EXCERPTED RECORDS START
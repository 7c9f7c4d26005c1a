ghost use Rattle.std.specs.Prelude.{◌≡◌, ◌↔◌, ◌≤◌, ◌<◌, ◌≤ℤ◌, pos, length, [], All, IfOk, IsTrue};
ghost use Rattle.pc_program_bound.specs.Allocation.{IsProgram, constraints_of};
ghost use Rattle.pc_program_bound.specs.Bound.{IsFit, HasFitWidth};
ghost use Rattle.pc_simplex.specs.Vertices.{IsFitMult};
ghost use Rattle.pc_branch.specs.Licence.{no_multipliers};
ghost use Rattle.pc_branch.specs.Steps.{budget_of, IsAt};
ghost use Rattle.pc_branch.specs.Visits.{rooted};

use crate::search::{Hand, Search};
use crate::visit::{Visit, bound_of, visit_box};
use pc_frontier::Frontier;
use pc_list::Seq;
use pc_model::Mult;
use pc_num::Memory;
use pc_program_bound::{Program, dual_bound};
use std::alloc::Global;

/// A search that has visited the start box, with the node to split next.
pub(crate) fn start(
    alloc: Global,
    p: &Program,
    nodes: u32,
) -> Result<(Search, Option<Hand>), Memory>
    requires program { IsProgram p.now }
    requires width { HasFitWidth p.now (no_multipliers p.now) }
    requires nodes { 1 ≤ nodes }
    ensures at { IfOk result (λ r. IsAt p.now r.0 r.1) }
    ensures budget { IfOk result (λ r. budget_of r.0 ≡ nodes) }
{
    let frontier = Frontier::reserve(alloc, nodes)?;
    let none = no_multipliers(alloc, p)?;
    let floor = p.floor.as_slice();
    let cap = p.cap.as_slice();
    let limit = bound_of(p, floor, cap, &none);
    let root = visit_box(alloc, p, floor, cap, &none, limit)?;
    let mut search = rooted(alloc, root, frontier)?;
    let hand = search.pick(0);
    Ok((search, hand))
}

/// Whether the gains are small enough for a search: each of them fits, and so do the running sums of their sizes times
/// the caps of their cells.
pub fn has_fit_gains(alloc: Global, p: &Program) -> Result<bool, Memory>
    requires program { IsProgram p.now }
    ensures { IfOk result (λ fits. IsTrue fits ↔ HasFitWidth p.now (no_multipliers p.now)) }
{
    let none = no_multipliers(alloc, p)?;
    Ok(fits_width(p, &none))
}

/// Whether the numbers of a bound of those multipliers fit.
fn fits_width(p: &Program, mult: &Mult) -> bool
    requires program { IsProgram p.now }
    requires sized { length mult.now.by ≡ constraints_of p.now }
    requires positive { pos 1 ≤ℤ mult.now.den }
    requires fits { All IsFit mult.now.by }
    ensures { IsTrue result ↔ HasFitWidth p.now mult.now }
{
    dual_bound(p, p.floor.as_slice(), p.cap.as_slice(), mult).is_some()
}

/// The multipliers that a leaf has without a parent.
fn no_multipliers(alloc: Global, p: &Program) -> Result<Mult, Memory>
    ensures value { IfOk result (λ mult. mult ≡ no_multipliers p.now) }
    ensures fits { IfOk result IsFitMult }
{
    let by = vec![in alloc; 0i128; p.least.len()]?;
    Ok(Mult {
        by: Seq::from_vec(by),
        den: 1,
    })
}

/// A search of the root alone, which is in hand.
fn rooted(alloc: Global, root: Visit, frontier: Frontier) -> Result<Search, Memory>
    requires none { frontier.nodes ≡ [] }
    requires room { 0 < frontier.room }
    ensures { IfOk result (λ s. s ≡ rooted root frontier) }
{
    let mut frontier = frontier;
    let Visit { node, counts } = root;
    let bound = node.bound;
    let _ = frontier.push_root();
    let mut visited = Seq::new(alloc);
    visited.push(node)?;
    let mut search = Search {
        frontier,
        visited,
        found: None,
        halted: None,
    };
    search.consider(counts, bound);
    Ok(search)
}
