ghost use Rattle.std.specs.Prelude.{◌≡◌, ◌<◌, ◌+◌, ℤ, ◌∷◌, [], length};
ghost use Rattle.pc_program_bound.specs.declared.program.Program.{Program};
ghost use Rattle.pc_frontier.specs.Frontier.{IsInHand, IsKept};
ghost use Rattle.pc_branch.specs.Grown.{visited_at};
ghost use Rattle.pc_branch.specs.Steps.{budget_of, is_parted, is_above, kept_hand, unless_over, IsSearch, IsAt, IsDivided, considered, settled, pruned_by, with_taken, next_hand, is_better, picked_state, picked_hand, wanted_child, other_child, is_worth, raised, value_found};

use crate::visited::{Known, Visited};
use pc_frontier::Frontier;
use pc_list::Seq;

/// The best allocation that was found so far, and its worth.
#[derive(Debug, Drop)]
pub(crate) struct Found {
    pub counts: Seq<u64>,
    pub value: i128,
}

/// A node in hand that can be split, with the bound of its box.
#[derive(Clone, Copy, Debug, PartialEq, Eq)]
pub(crate) struct Hand {
    pub node: u32,
    pub bound: i128,
}

/// What a search keeps: its frontier, what is known of each node by number, the best allocation so far, and the greatest
/// bound of a leaf whose steps ended in no point.
#[derive(Debug, Drop)]
pub(crate) struct Search {
    pub frontier: Frontier,
    pub visited: Seq<Visited>,
    pub found: Option<Found>,
    pub halted: Option<i128>,
}

impl Search {
    /// Takes the counts of a whole point, which are worth so much, where nothing better was found.
    pub(crate) fn consider(&mut self, counts: Option<Seq<u64>>, value: i128)
        ensures { self.new ≡ considered counts value self.old }
    {
        let Some(counts) = counts else {
            return;
        };
        if is_worth(&self.found, value) {
            return;
        }
        self.found = Some(Found { counts, value });
    }

    /// Lets go of a node in hand: it is open with its bound where it can be split, and closed where it cannot.
    pub(crate) fn settle(&mut self, node: u32)
        requires hand { IsInHand self.old.frontier node }
        requires there { node < length self.old.visited }
        ensures { self.new ≡ settled node self.old }
    {
        let (known, bound) = stance(self.visited.as_slice(), node);
        match known {
            Known::Parted { cell: _, at: _ } => self.frontier.hold(node, bound),
            Known::Stuck => {
                self.frontier.close(node);
                self.halted = raised(self.halted, bound);
            }
            Known::Nothing => self.frontier.close(node),
            Known::Whole => self.frontier.close(node),
        }
    }

    /// Closes the open nodes that lead to nothing better than what was found.
    pub(crate) fn prune(&mut self)
        ensures { self.new ≡ pruned_by self.old }
    {
        let Some(value) = worth_of(&self.found) else {
            return;
        };
        let _ = self.frontier.prune_below(value);
    }

    /// Takes the open node of greatest bound into hand.
    pub(crate) fn take(&mut self) -> Option<Hand>
        ensures hand { result ≡ next_hand self.old.frontier }
        ensures taken { self.new ≡ with_taken self.old }
        ensures kept { IsKept self.old.frontier }
    {
        let bound = self.frontier.best();
        let node = self.frontier.take_best();
        match (node, bound) {
            (Some(node), Some(bound)) => Some(Hand { node, bound }),
            _ => None,
        }
    }

    /// The node in hand as the next one, where it can be split and no open node has a greater bound.
    fn kept(&self, node: u32) -> Option<Hand>
        requires { node < length self.now.visited }
        ensures hand { result ≡ kept_hand node self.now }
        ensures kept { IsKept self.now.frontier }
    {
        let (known, bound) = stance(self.visited.as_slice(), node);
        let best = self.frontier.best();
        if !is_parted(known) || is_above(best, bound) {
            return None;
        }
        Some(Hand { node, bound })
    }

    /// The next node, unless what was found or halted is as much as its bound leaves possible.
    fn unless_over(&self, hand: Hand) -> Option<Hand>
        ensures { result ≡ unless_over self.now hand }
    {
        if is_worth(&self.found, hand.bound) || is_above(self.halted, hand.bound) {
            return None;
        }
        Some(hand)
    }

    /// The node to split next: that in hand, as long as no open node has a greater bound, or the best open one; none where
    /// the search is over.
    pub(crate) fn pick(&mut self, node: u32) -> Option<Hand>
        requires hand { IsInHand self.old.frontier node }
        requires there { node < length self.old.visited }
        ensures state { self.new ≡ picked_state node self.old }
        ensures hand { result ≡ picked_hand node self.old }
        ensures next { (p : Program) (level : ℤ) → IsSearch p self.old (node ∷ []) level → IsAt p self.new result }
        ensures budget { budget_of self.new ≡ budget_of self.old }
        ensures room { self.new.frontier.room ≡ self.old.frontier.room }
    {
        self.prune();
        if let Some(hand) = self.kept(node) {
            return self.unless_over(hand);
        }
        self.settle(node);
        let Some(hand) = self.take() else {
            return None;
        };
        self.unless_over(hand)
    }

    /// The same after a split: the child of the greater bound stays in hand, and of equal ones that of the greater counts.
    pub(crate) fn pick_child(&mut self, first: u32) -> Option<Hand>
        requires few { first < 4_000_000_000 }
        requires less { IsInHand self.old.frontier first }
        requires more { IsInHand self.old.frontier (first + 1) }
        requires there { first + 1 < length self.old.visited }
        ensures state { self.new ≡ picked_state (wanted_child self.old.visited first) (settled (other_child self.old.visited first) self.old) }
        ensures hand { result ≡ picked_hand (wanted_child self.old.visited first) (settled (other_child self.old.visited first) self.old) }
        ensures next { (p : Program) (level : ℤ) → IsDivided p self.old first level → IsAt p self.new result }
        ensures budget { budget_of self.new ≡ budget_of self.old }
        ensures room { self.new.frontier.room ≡ self.old.frontier.room }
    {
        if is_better(self.visited.as_slice(), first) {
            self.settle(first + 1);
            return self.pick(first);
        }
        self.settle(first);
        self.pick(first + 1)
    }
}

/// Whether the first of two children can be split and has the greater bound.
fn is_better(visited: &[Visited], first: u32) -> bool
    requires few { first < 4_000_000_000 }
    requires there { first + 1 < length visited.now }
    ensures { result ≡ is_better visited.now first }
{
    let (less, less_bound) = stance(visited, first);
    let (more, more_bound) = stance(visited, first + 1);
    is_parted(less) && (!is_parted(more) || more_bound < less_bound)
}

fn is_parted(known: Known) -> bool
    ensures { result ≡ is_parted known }
{
    match known {
        Known::Parted { cell: _, at: _ } => true,
        _ => false,
    }
}

/// Whether there is a number, and it is above the bound.
fn is_above(most: Option<i128>, bound: i128) -> bool
    ensures { result ≡ is_above most bound }
{
    match most {
        Some(most) => bound < most,
        None => false,
    }
}

/// What is known of a node, and its bound.
fn stance(visited: &[Visited], node: u32) -> (Known, i128)
    requires { node < length visited.now }
    ensures { result ≡ ((visited_at visited.now node).known, (visited_at visited.now node).bound) }
{
    let visited = &visited[node as usize];
    (visited.known, visited.bound)
}

/// The worth of what was found.
pub(crate) fn worth_of(found: &Option<Found>) -> Option<i128>
    ensures { result ≡ value_found found.now }
{
    match found {
        Some(found) => Some(found.value),
        None => None,
    }
}

/// Whether what was found is worth so much.
pub(crate) fn is_worth(found: &Option<Found>, value: i128) -> bool
    ensures { result ≡ is_worth found.now value }
{
    match found {
        Some(found) => value <= found.value,
        None => false,
    }
}

/// The greater of two bounds, of which the first may be none.
fn raised(bound: Option<i128>, other: i128) -> Option<i128>
    ensures { result ≡ raised bound other }
{
    match bound {
        Some(bound) => Some(bound.max(other)),
        None => Some(other),
    }
}
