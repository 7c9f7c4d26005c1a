ghost use Rattle.std.specs.Prelude.{◌≡◌, ◌≤◌, ◌<◌, ◌*◌, ◌^◌, ℕ, ℤ, pos, neg_ℤ, ◌≤ℤ◌, ◌<ℤ◌, List, Option, Some, None, MatchOption, ⊤};
ghost use Rattle.pc_num.specs.declared.Frac.{Frac};
ghost use Rattle.pc_model.specs.declared.tree.Mult.{Mult};
ghost use Rattle.pc_program_bound.specs.declared.program.Program.{Program};
ghost use Rattle.pc_program_bound.specs.Sums.{nat_at};
ghost use Rattle.pc_program_bound.specs.Allocation.{IsProgram, IsBox, IsAllocation, cells_of, worth};
ghost use Rattle.pc_program_bound.specs.Bound.{IsMultiplier, HasFitWidth, bound_of};
ghost use Rattle.pc_program_bound.specs.SplitTrees.{less_caps, more_floors};
ghost use Rattle.pc_simplex_tableau.specs.Point.{vertex, IsRelaxation};
ghost use Rattle.pc_simplex.specs.Vertices.{IsVertex};
ghost use Rattle.pc_branch.specs.Licence.{Splits, IsWhole, IsSplitOf, IsLicence, HasOpen, no_multipliers, first_bound, choices};
ghost use Rattle.pc_branch.specs.Ends.{HasSmallGains, whole_counts};

/// Where the budget is at least twice the number of the start box's counts, a licence has an open leaf whose steps
/// ended in no point: no search that is given so many nodes is broken off for want of them.
pub fn large_budgets_leave_stuck_leaves()
    ensures { (p : Program) (budget : ℕ) (e : ℤ) (tree : Splits) → IsProgram p → IsLicence p budget e tree → 2 * choices p.cap ≤ budget → HasOpen p ⊥ e (first_bound p) p.floor p.cap tree }
{}

/// The bound of a part of a box is at most what multipliers prove of the whole box: where they are the same, and where
/// the part has its own.
pub fn parts_are_bounded()
    ensures less { (p : Program) (floors caps : List ℕ) (cell at : ℕ) (mult : Mult) → IsMultiplier p mult → nat_at floors cell ≤ at → at < nat_at caps cell → bound_of p floors (less_caps caps cell at) mult ≤ℤ bound_of p floors caps mult }
    ensures more { (p : Program) (floors caps : List ℕ) (cell at : ℕ) (mult : Mult) → IsMultiplier p mult → nat_at floors cell ≤ at → at < nat_at caps cell → bound_of p (more_floors floors cell at) caps mult ≤ℤ bound_of p floors caps mult }
    ensures own_less { (p : Program) (floors caps : List ℕ) (cell at : ℕ) (above mult : Mult) (point : List Frac) → IsProgram p → IsMultiplier p above → IsBox p floors caps → nat_at floors cell ≤ at → at < nat_at caps cell → IsRelaxation p floors (less_caps caps cell at) (vertex point mult) → bound_of p floors (less_caps caps cell at) mult ≤ℤ bound_of p floors caps above }
    ensures own_more { (p : Program) (floors caps : List ℕ) (cell at : ℕ) (above mult : Mult) (point : List Frac) → IsProgram p → IsMultiplier p above → IsBox p floors caps → nat_at floors cell ≤ at → at < nat_at caps cell → IsRelaxation p (more_floors floors cell at) caps (vertex point mult) → bound_of p (more_floors floors cell at) caps mult ≤ℤ bound_of p floors caps above }
{}

/// Where a count of the point is not whole, its box has counts below and above it.
pub fn splits_leave_counts()
    ensures { (p : Program) (floors caps : List ℕ) (point : List Frac) (mult : Mult) (cell at : ℕ) → IsVertex p floors caps point mult → cell < cells_of p → IsSplitOf point cell at → (nat_at floors cell ≤ at) × (at < nat_at caps cell) }
{}

/// A whole point is an allocation, and it is worth the bound of its multipliers.
pub fn whole_points_are_allocations()
    ensures allowed { (p : Program) (floors caps : List ℕ) (point : List Frac) (mult : Mult) → IsVertex p floors caps point mult → IsWhole point → IsAllocation p floors caps (whole_counts point) }
    ensures worth { (p : Program) (floors caps : List ℕ) (point : List Frac) (mult : Mult) → IsVertex p floors caps point mult → IsWhole point → worth p (whole_counts point) ≡ bound_of p floors caps mult }
{}

/// The numbers of a search fit where gains are small.
pub fn small_gains_fit()
    ensures { (p : Program) → IsProgram p → HasSmallGains p → HasFitWidth p (no_multipliers p) }
{}

/// The bound of a licence is small where gains are.
pub fn licences_are_small()
    ensures { (p : Program) (budget : ℕ) (e : ℤ) (tree : Splits) → IsProgram p → HasSmallGains p → IsLicence p budget e tree → (neg_ℤ (pos (10 ^ 37)) ≤ℤ e) × (e ≤ℤ pos (10 ^ 37)) }
{}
EXCERPTED RECORDS END
→ THE TASK: Out of the records above, pick each line that contains the string "least".

→ EXERCISE RESULT:
    let by = vec![in alloc; 0i128; p.least.len()]?;
/// Where the budget is at least twice the number of the start box's counts, a licence has an open leaf whose steps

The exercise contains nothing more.